**What the exercise asks**
Quote the lines below exactly, from the one that holds "position_at result.0 result.1" through the final line of the records, and only those.

**Stored data**
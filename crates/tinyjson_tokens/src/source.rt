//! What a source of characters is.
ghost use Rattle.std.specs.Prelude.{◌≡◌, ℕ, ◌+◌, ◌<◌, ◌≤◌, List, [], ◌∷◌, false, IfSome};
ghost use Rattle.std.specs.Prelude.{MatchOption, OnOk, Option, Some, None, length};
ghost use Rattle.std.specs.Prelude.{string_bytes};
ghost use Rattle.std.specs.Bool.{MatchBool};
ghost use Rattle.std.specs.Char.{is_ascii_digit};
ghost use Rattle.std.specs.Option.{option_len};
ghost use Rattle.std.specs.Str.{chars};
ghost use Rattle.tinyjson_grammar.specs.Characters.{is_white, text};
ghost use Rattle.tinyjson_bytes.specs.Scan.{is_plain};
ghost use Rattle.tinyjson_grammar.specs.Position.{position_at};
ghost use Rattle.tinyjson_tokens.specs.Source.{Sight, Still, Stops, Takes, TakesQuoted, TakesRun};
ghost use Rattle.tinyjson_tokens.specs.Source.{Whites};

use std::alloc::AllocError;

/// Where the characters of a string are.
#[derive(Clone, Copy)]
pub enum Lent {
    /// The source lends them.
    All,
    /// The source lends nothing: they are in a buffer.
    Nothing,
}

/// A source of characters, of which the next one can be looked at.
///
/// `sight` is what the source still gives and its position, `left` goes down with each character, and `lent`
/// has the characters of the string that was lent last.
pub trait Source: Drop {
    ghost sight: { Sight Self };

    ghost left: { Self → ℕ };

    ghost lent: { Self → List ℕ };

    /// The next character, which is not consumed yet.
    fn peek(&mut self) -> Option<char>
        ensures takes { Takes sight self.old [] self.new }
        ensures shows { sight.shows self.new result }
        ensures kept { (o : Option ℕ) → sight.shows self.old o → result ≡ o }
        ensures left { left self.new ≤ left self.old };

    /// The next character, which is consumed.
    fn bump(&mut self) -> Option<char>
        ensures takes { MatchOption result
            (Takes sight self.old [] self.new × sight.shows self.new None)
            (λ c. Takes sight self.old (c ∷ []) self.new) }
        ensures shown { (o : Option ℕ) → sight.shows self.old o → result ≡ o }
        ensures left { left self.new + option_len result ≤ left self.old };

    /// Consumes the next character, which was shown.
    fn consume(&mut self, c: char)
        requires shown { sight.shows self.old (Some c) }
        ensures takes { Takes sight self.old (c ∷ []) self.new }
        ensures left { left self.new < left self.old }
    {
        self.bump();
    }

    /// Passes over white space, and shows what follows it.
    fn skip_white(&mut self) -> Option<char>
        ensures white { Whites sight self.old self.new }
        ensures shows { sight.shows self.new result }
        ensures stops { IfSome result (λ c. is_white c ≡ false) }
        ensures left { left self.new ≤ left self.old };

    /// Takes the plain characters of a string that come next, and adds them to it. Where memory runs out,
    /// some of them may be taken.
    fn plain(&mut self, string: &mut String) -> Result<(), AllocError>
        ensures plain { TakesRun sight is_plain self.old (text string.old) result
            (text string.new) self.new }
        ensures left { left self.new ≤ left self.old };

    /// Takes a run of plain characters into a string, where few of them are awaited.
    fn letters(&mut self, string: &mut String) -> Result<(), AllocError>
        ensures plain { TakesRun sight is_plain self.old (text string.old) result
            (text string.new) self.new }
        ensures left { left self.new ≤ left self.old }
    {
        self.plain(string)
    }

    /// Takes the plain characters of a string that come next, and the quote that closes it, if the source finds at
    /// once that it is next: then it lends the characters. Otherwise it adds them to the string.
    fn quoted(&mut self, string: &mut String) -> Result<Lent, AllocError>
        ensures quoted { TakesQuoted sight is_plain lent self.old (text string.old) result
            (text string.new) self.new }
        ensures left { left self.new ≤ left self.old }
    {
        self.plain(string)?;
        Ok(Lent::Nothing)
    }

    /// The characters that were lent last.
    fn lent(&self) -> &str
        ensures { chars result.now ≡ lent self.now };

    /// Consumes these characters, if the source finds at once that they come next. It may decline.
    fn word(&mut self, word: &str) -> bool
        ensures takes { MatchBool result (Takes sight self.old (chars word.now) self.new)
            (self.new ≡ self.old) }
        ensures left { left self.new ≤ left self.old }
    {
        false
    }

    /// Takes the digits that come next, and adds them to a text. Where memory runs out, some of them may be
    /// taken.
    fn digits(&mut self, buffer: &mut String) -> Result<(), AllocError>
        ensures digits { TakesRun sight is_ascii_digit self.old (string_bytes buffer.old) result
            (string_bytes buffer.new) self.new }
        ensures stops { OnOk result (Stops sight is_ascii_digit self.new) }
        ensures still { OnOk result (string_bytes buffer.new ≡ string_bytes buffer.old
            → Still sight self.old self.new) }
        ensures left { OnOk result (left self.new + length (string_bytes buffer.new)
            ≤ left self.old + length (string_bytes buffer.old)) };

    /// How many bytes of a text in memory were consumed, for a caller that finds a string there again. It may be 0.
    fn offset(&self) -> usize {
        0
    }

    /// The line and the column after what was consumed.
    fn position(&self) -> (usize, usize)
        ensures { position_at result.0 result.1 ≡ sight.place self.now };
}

**Exercise solution**
        ensures { position_at result.0 result.1 ≡ sight.place self.now };
}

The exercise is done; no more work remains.